» Required work
All that should be output is the block of lines below from the line with "use pricing::PrintableModel;" to the line with "asked question.old.held.catalogue ≡", both included, exactly as written.

» Data in this exercise

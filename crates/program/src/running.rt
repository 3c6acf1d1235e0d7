// The whole run.
ghost use Rattle.std.specs.Prelude.{◌≡◌, length, take};
ghost use Rattle.catalogue.specs.Asked.{asked};
ghost use Rattle.catalogue.specs.Changes.{empty};
ghost use Rattle.program.specs.Outputs.{written};
ghost use Rattle.program.specs.Runs.{Answered, ran};
ghost use Rattle.program.specs.Statement.{Honest};

use crate::faults::at_line;
use crate::gathering::gather;
use crate::writing::{fault_output, plan_output};
use crate::{Output, ProgramFault, Refused};
use planner::Question;
use pricing::PrintableModel;
use readoff::MOST_PLAN_BYTES;

// An input has at most so many bytes.
pub const MOST_INPUT: usize = 8192;

// The plan of the question that the lines ask, or why there is none to write.
fn answer<M: PrintableModel>(
    question: &mut Question<M>,
    input: &[u8],
    prices: &mut [M::Price],
    sizes: &mut [u32],
    choices: &mut [u16],
) -> Result<Output, Refused>
    requires { asked question.old.held.catalogue ≡ empty }
    ensures { Answered (M.meaning question.old.model) (M.shown question.old.model) (ran (M.meaning question.old.model) (length prices.old) (length sizes.old) (length choices.old) input.now) result }
{
    if input.len() > MOST_INPUT {
        return Err(Refused {
            fault: ProgramFault::InputTooLong,
            line: 0,
        });
    }
    let end = gather(question, input)?;
    let (tries, _) = match question.solve(prices, sizes, choices) {
        Ok(found) => found,
        Err(refusal) => return at_line(Err(refusal.into()), end),
    };
    let mut bytes = [0; MOST_PLAN_BYTES];
    match question.tell(&mut bytes) {
        Ok((len, price)) => Ok(plan_output(question.model(), &bytes[..len], price, tries)),
        Err(_) => unreachable(),
    }
}

// Reads a question from lines of hexadecimal and plans it in the lists that are lent: what a program writes for the input.
pub fn run<M: PrintableModel + Drop>(
    model: M,
    input: &[u8],
    prices: &mut [M::Price],
    sizes: &mut [u32],
    choices: &mut [u16],
) -> Output
    ensures written { take result.len result.bytes ≡ written (M.meaning model) (M.shown model) (ran (M.meaning model) (length prices.old) (length sizes.old) (length choices.old) input.now) }
    ensures honest { Honest (M.meaning model) (M.shown model) (length prices.old) (length sizes.old) (length choices.old) input.now (take result.len result.bytes) }
{
    let mut question = Question::new(model);
    match answer(&mut question, input, prices, sizes, choices) {
        Ok(output) => output,
        Err(refused) => fault_output(refused),
    }
}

» Solution to this task
use pricing::PrintableModel;
use readoff::MOST_PLAN_BYTES;

// An input has at most so many bytes.
pub const MOST_INPUT: usize = 8192;

// The plan of the question that the lines ask, or why there is none to write.
fn answer<M: PrintableModel>(
    question: &mut Question<M>,
    input: &[u8],
    prices: &mut [M::Price],
    sizes: &mut [u32],
    choices: &mut [u16],
) -> Result<Output, Refused>
    requires { asked question.old.held.catalogue ≡ empty }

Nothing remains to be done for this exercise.